Go over the data and copy out each line with "holds" in it.

BEGIN Data for processing

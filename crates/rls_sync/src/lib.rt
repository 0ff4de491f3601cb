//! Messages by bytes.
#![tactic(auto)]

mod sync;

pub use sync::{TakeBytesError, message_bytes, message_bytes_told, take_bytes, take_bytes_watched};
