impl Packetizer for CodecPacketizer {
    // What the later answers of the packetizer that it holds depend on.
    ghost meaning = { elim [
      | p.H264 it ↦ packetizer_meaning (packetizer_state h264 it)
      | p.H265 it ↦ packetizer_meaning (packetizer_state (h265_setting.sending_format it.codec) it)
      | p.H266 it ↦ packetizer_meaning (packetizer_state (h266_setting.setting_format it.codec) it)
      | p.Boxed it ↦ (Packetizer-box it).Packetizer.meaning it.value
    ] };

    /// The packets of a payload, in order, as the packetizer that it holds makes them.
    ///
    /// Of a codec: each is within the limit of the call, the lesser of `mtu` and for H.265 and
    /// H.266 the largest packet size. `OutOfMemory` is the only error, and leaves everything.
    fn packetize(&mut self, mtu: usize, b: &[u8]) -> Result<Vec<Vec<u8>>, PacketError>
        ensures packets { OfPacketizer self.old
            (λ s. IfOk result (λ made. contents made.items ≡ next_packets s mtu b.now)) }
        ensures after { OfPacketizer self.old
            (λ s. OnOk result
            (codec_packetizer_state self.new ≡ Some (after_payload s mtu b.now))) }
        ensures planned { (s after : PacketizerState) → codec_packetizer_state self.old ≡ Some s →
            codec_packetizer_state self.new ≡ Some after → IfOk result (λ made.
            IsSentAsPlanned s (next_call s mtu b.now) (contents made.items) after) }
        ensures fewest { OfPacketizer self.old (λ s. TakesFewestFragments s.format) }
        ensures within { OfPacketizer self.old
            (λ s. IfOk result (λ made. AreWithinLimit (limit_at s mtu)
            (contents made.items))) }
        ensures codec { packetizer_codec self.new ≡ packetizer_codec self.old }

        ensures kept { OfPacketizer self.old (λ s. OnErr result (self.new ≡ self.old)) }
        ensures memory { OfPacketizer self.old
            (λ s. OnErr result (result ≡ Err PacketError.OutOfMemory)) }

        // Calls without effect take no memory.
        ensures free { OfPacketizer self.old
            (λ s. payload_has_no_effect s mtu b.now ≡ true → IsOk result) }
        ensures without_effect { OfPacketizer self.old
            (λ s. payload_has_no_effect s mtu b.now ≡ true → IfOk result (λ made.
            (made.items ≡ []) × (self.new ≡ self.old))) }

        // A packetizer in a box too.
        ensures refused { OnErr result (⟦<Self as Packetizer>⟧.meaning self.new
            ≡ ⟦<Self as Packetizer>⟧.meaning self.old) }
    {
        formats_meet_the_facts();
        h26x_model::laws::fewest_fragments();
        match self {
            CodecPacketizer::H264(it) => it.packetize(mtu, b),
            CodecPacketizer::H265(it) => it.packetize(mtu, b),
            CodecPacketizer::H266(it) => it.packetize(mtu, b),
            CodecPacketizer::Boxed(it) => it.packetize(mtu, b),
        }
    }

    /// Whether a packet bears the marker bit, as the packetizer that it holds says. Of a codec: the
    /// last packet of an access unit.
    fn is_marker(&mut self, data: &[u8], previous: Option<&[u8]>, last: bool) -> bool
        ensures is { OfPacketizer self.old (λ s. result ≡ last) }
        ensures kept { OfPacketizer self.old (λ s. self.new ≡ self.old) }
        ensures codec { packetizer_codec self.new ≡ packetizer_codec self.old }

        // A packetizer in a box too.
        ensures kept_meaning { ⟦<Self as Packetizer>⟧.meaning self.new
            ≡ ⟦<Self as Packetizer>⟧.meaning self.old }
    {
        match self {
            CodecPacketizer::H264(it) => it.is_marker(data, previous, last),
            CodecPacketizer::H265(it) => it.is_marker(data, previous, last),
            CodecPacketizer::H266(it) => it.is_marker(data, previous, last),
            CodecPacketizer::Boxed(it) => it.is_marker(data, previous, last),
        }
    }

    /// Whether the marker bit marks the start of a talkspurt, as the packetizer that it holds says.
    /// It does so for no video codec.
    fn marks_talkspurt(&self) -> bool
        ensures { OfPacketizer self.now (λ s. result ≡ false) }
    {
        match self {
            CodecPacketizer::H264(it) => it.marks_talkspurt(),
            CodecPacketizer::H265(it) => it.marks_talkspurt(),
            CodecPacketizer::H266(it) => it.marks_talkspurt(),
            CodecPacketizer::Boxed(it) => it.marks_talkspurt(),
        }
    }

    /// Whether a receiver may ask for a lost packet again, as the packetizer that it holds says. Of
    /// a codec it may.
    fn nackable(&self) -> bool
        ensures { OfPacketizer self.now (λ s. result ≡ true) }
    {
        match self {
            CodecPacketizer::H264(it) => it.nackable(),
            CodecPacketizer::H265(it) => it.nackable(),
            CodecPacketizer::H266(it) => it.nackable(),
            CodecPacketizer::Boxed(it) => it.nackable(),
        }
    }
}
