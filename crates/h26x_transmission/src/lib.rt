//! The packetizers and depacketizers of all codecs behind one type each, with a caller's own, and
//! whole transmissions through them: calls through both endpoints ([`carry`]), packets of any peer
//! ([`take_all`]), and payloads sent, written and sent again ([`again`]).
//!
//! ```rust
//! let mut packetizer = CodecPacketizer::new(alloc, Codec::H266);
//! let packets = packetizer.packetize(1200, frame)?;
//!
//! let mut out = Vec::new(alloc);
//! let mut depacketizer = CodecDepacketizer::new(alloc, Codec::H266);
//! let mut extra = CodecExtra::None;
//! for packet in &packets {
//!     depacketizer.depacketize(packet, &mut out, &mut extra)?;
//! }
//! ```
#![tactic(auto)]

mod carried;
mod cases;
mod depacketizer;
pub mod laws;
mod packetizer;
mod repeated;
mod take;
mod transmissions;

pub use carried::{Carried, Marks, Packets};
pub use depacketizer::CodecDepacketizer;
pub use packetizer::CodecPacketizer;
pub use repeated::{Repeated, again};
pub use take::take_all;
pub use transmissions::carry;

END Data for processing

▸ **Your solution**
    // What the later answers of the packetizer that it holds depend on.
    /// The packets of a payload, in order, as the packetizer that it holds makes them.
    /// Whether a packet bears the marker bit, as the packetizer that it holds says. Of a codec: the
    /// Whether the marker bit marks the start of a talkspurt, as the packetizer that it holds says.
    /// Whether a receiver may ask for a lost packet again, as the packetizer that it holds says. Of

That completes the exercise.